Освещая путь спичками, они поднялись к Кастану. Вошли в комнату и сразу же открыли окна из-за нестерпимой духоты и дурного запаха. Издали донесся характерный комариный писк. Зажглось робкое, как бы дрожащее от страха, бледное пламя стеариновой свечи. Хуже всего была овладевшая ими обоими какая-то неопределенность, тревога, тоска. Кастан, не раздеваясь, бросился на постель. Лаэрте подошел к окну. Вид неба изменился: среди низких и тяжелых облаков, несшихся на уровне вершины Монте-Серрате, открылся большой просвет, и в нем показалась чистая прозрачная луна. Лаэрте, которому еще не хотелось спать, принялся наблюдать за двором. До него донесся аромат поджаренного хлеба, который неожиданно пробудил в нем аппетит. Ах, да, ведь там пекарня…
При слабом, неверном свете луны двор ожил. Как? Неужели больного оставили на улице, в ночной сырости? Да, на тюфяке под простыней угадывались очертания тела. Вокруг двигались и скользили какие-то крошечные тени. А! Это был уже не больной, а труп. Жители барака оставили покойника на земле. И под простыню забрались крысы; они там возились, шуршали, испуганно попискивали…
Он отошел от окна.
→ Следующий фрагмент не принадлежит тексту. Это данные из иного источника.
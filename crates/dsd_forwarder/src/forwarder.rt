//! The forwarder: it flushes an exporter's state and sends what the flush wrote, once for each run.

ghost use Rattle.std.specs.Prelude.{◌≡◌, ◌⊎◌, ◌≤◌, ◌↔◌, false, Some, None, IsTrue, IfOk, OnOk, OnErr};
ghost use Rattle.std.specs.Arc.{arc_value};
ghost use Rattle.dsd_addresses.specs.Remotes.{remote_text, transport_of};
ghost use Rattle.dsd_exporter.specs.State.{DogStatsDSettings};
ghost use Rattle.legal_history.specs.History.{child, lender, taker};
ghost use Rattle.shared_turns.specs.Passes.{view_of};
ghost use Rattle.shared_turns.specs.Turns.{opening};
ghost use Rattle.shared_flushes.specs.declared.entries.StateEntry.TheVariants.{Built};
ghost use Rattle.shared_flushes.specs.Passes.{IsPass};
ghost use Rattle.dsd_forwarder.specs.OwnCounters.{own_counters};
ghost use Rattle.dsd_forwarder.specs.Telemetry.{RegistersSomeSeen};
ghost use Rattle.dsd_forwarder.specs.Building.{IsMadeWith};
ghost use Rattle.dsd_forwarder.specs.Forwarding.{SendsState, FlushesState, CountsOwn, IsCountedIn, IsToCount, IsUncounted, RunsOnce, IsRefusedRun, begun, remote_of};

use crate::configuration::ForwarderConfiguration;
use crate::held_pass::HeldPass;
use crate::telemetry::Telemetry;
use dsd_addresses::RemoteAddr;
use dsd_exporter::{FlushReport, FlushState, Link, TelemetryUpdate, send_written};
use dsd_writer::PayloadWriter;
use metrics_core::{IntoLabels, Memory, Words};
use shared_flushes::StatePass;
use std::alloc::Global;
use std::marker::Model;
use std::sync::Wait;

/// Sends what the series of an exporter's state have counted, once for each run. It shares the state with a recorder, in turns, and
/// has the root pass of it: it lends passes to threads that register, and takes them back. What it registered, and what it was told
/// of by a pass that it took back, is in each flush that follows.
#[derive(Drop)]
pub struct Forwarder {
    own: HeldPass,
    configuration: ForwarderConfiguration,
    counts_own: bool,
    flush_state: FlushState,
    writer: PayloadWriter,
    /// What the flushes and sends of the last run added up to, and of those before it that were refused.
    update: TelemetryUpdate,
    was_refused: bool,
    /// The exporter's own counters, once there was something to count.
    telemetry: Option<Telemetry>,
    ghost root: { (view_of own.pass).number ≡ 0 },
}

impl Model for Forwarder {
    ghost use Rattle.std.specs.Arc.{arc_value};
    ghost use Rattle.shared_turns.specs.Passes.{view_of};
    ghost use Rattle.dsd_forwarder.specs.Forwarding.{ForwarderText};

    ghost Value = { ForwarderText };

    ghost view = { λ forwarder. record {
      configuration = forwarder.configuration;
      counts_own = forwarder.counts_own;
      marks = forwarder.flush_state;
      writer = forwarder.writer;
      update = forwarder.update;
      was_refused = forwarder.was_refused;
      telemetry = forwarder.telemetry;
      state = arc_value forwarder.own.state;
      knows = view_of forwarder.own.pass;
    } };
}

impl Forwarder {
    /// A forwarder with the root pass of its state that has not run. Its labels are copied, for its lines.
    pub(crate) fn new(
        alloc: Global,
        configuration: ForwarderConfiguration,
        counts_own: bool,
        own: HeldPass,
    ) -> Result<Forwarder, Memory>
        requires least { 6 ≤ configuration.max_payload_len }
        requires most { configuration.max_payload_len ≤ 4294967295 }
        requires root { (view_of own.pass).number ≡ 0 }
        ensures made { IfOk result (λ made. (settings : DogStatsDSettings)
            → counts_own ≡ settings.telemetry → view_of own.pass ≡ lender (opening (Built settings))
            → IsMadeWith configuration settings made) }
        ensures state { IfOk result (λ made. made.state ≡ arc_value own.state) }
    {
        let labels = configuration.global_labels.iter().into_labels(alloc)?;
        let on_stream = configuration.is_length_prefixed();
        let mut update = TelemetryUpdate::default();
        update.clear();
        Ok(Forwarder {
            own,
            flush_state: FlushState::new(alloc),
            writer: PayloadWriter::new(
                alloc,
                configuration.max_payload_len,
                on_stream,
            ).with_global_labels(labels),
            configuration,
            counts_own,
            update,
            was_refused: false,
            telemetry: None,
        })
    }

    /// Begins a run: with an empty update, or behind a run that was refused with that one's.
    fn begin(&mut self)
        ensures { self.new ≡ begun self.old }
    {
        if !self.was_refused {
            self.update.clear();
        }
        self.was_refused = true;
    }

    /// Ends a run that was not refused.
    fn end(&mut self)
        ensures { self.new ≡ record self.old { was_refused = false } }
    {
        self.was_refused = false;
    }

    /// Where the payloads are sent.
    fn remote(&self) -> &RemoteAddr
        ensures { remote_text result.now ≡ remote_of self.now }
    {
        &self.configuration.remote_addr
    }

    /// Flushes the state, and sends the payloads by a link that is aimed at the forwarder's address. While they are sent others may
    /// have their turns.
    fn send<R: Wait, L: Link, W: Words>(
        &mut self,
        rt: &R,
        alloc: Global,
        moment: u64,
        words: &mut W,
        link: &mut L,
    ) -> Result<FlushReport, Memory>
        requires { L.aimed link.old ≡ Some (remote_of self.old) }
        ensures sent { IfOk result (SendsState moment self.old self.new (W.to_come words.old)
            (W.to_come words.new)
            (L.sent link.old) (L.sent link.new) (L.faults link.old) (L.faults link.new)) }
        ensures refused { OnErr result (FlushesState moment self.old self.new (W.to_come words.old)
            (W.to_come words.new)) }
        ensures unused { OnErr result (link.new ≡ link.old) }
        ensures aimed { L.aimed link.new ≡ L.aimed link.old }
        ensures never_falls { L.faults link.old ≤ L.faults link.new }
    {
        let dropped = self.own.write_flush(
            rt,
            alloc,
            &mut self.flush_state,
            &mut self.writer,
            &mut self.update,
            moment,
            words,
        )?;
        Ok(send_written(&mut self.writer, &mut self.update, dropped, link))
    }

    /// Whether it counts its own work, and its flushes told of an update.
    fn is_to_count(&self) -> bool
        ensures { IsTrue result ↔ IsToCount self.now }
    {
        self.counts_own && self.update.had_updates()
    }

    /// What its flushes and sends added up to.
    fn latest(&self) -> &TelemetryUpdate
        ensures { result.now ≡ self.now.update }
    {
        &self.update
    }

    /// Takes the exporter's own counters out of the forwarder. Where it has none yet they are registered.
    fn take_telemetry<R: Wait>(&mut self, rt: &R, alloc: Global) -> Result<Telemetry, Memory>
        ensures counted_in { IfOk result (λ counts.
            IsCountedIn (transport_of (remote_of self.old)) self.old.telemetry counts self.old.knows
            self.new.knows) }
        ensures taken { self.new ≡ record self.old { telemetry = None; knows = self.new.knows } }
        ensures none_yet { OnErr result (self.old.telemetry ≡ None) }
        ensures refused { OnErr result (RegistersSomeSeen
            (transport_of (remote_of self.old)) self.old.knows own_counters self.new.knows) }
    {
        match self.telemetry.take() {
            Some(telemetry) => Ok(telemetry),
            None => {
                let transport = self.configuration.remote_addr.transport_id();
                Telemetry::seen(rt, alloc, &mut self.own, transport)
            }
        }
    }

    /// Keeps the exporter's own counters.
    fn keep_telemetry(&mut self, telemetry: Telemetry)
        ensures { self.new ≡ record self.old { telemetry = Some telemetry } }
    {
        self.telemetry = Some(telemetry);
    }

    /// Adds the update to the exporter's own counters, where it counts its own work and there is something to count. Before the
    /// first time they are registered.
    fn count<R: Wait>(&mut self, rt: &R, alloc: Global) -> Result<(), Memory>
        ensures counted { OnOk result (CountsOwn self.old self.new) }
        ensures uncounted { OnErr result (IsUncounted self.old self.new) }
    {
        if !self.is_to_count() {
            return Ok(());
        }
        let mut telemetry = self.take_telemetry(rt, alloc)?;
        telemetry.apply_update(rt, self.latest());
        self.keep_telemetry(telemetry);
        Ok(())
    }

    /// One run at a moment in nanoseconds: it aims the link at the forwarder's address, flushes the state and sends the
    /// payloads, as `send_flush` does; and then it adds what came of it to the exporter's own counters, which the next run sends.
    /// It adds nothing where telemetry is off, or where no line told of an update. Where memory is refused before the payloads
    /// are made, nothing is handed to the link; where it is refused for the exporter's own counters, all payloads were. The next
    /// run then goes on with the update of this one.
    pub fn run_once<R: Wait, L: Link, W: Words>(
        &mut self,
        rt: &R,
        alloc: Global,
        moment: u64,
        words: &mut W,
        link: &mut L,
    ) -> Result<FlushReport, Memory>
        ensures run { IfOk result (RunsOnce moment self.old self.new (W.to_come words.old)
            (W.to_come words.new)
            (L.sent link.old) (L.sent link.new) (L.faults link.old) (L.faults link.new)) }
        ensures refused { OnErr result (IsRefusedRun moment self.old self.new (W.to_come words.old)
            (W.to_come words.new)
            (L.sent link.old) (L.sent link.new) (L.faults link.old) (L.faults link.new)) }
        ensures aimed { OnOk result (L.aimed link.new ≡ Some (remote_of self.old)) }
        ensures unaimed { OnErr result ((L.aimed link.new ≡ L.aimed link.old)
            ⊎ (L.aimed link.new ≡ Some (remote_of self.old))) }
        ensures never_falls { L.faults link.old ≤ L.faults link.new }
    {
        self.begin();
        link.aim(alloc, self.remote())?;
        let report = self.send(rt, alloc, moment, words, link)?;
        self.count(rt, alloc)?;
        self.end();
        Ok(report)
    }

    /// Lends a pass of the state, for a thread that registers. It has seen what the forwarder has seen.
    pub fn lend_pass(&mut self) -> Result<StatePass, Memory>
        ensures lent { IfOk result (λ pass. IsPass self.old.state pass
            × (view_of pass ≡ child self.old.knows)) }
        ensures child { IfOk result (λ pass. ¬ ((view_of pass).number ≡ 0)) }
        ensures knows { OnOk result (self.new ≡ record self.old { knows = lender self.old.knows }) }
        ensures refused { OnErr result (self.new ≡ self.old) }
    {
        self.own.lend()
    }

    /// Takes a pass back: what it registered, and all that it was told of, is in each flush that follows.
    pub fn take_back(&mut self, pass: StatePass)
        requires pass { IsPass self.old.state pass }
        requires lent { ¬ ((view_of pass).number ≡ 0) }
        ensures { self.new ≡ record self.old { knows = taker self.old.knows (view_of pass) } }
    {
        self.own.take_back(pass);
    }
}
Кастан спал. На другой постели кто-то безмятежно храпел. Должно быть, это кубинец Бенито. Лаэрте лег на предоставленную ему койку, с головой покрылся простыней, но не мог заснуть. Всю ночь он слушал бой часов на колокольне церкви Санто-Антонио.
На рассвете у дверей остановилась какая-то повозка. Послышались голоса… Не приехал ли катафалк за покойником? Нет, это в пекарне начали выдавать клиентам хлеб. О, эта земля, где жизнь и смерть смешиваются до такой степени, что мы не в состоянии их различить!
Он встал и распрощался с товарищами по комнате. Кастан со свечой в руке проводил его до двери. Выйдя на улицу, Лаэрте быстрыми шагами направился к вокзалу. На углу под фонарем люди из барака все еще продолжали курить и разговаривать…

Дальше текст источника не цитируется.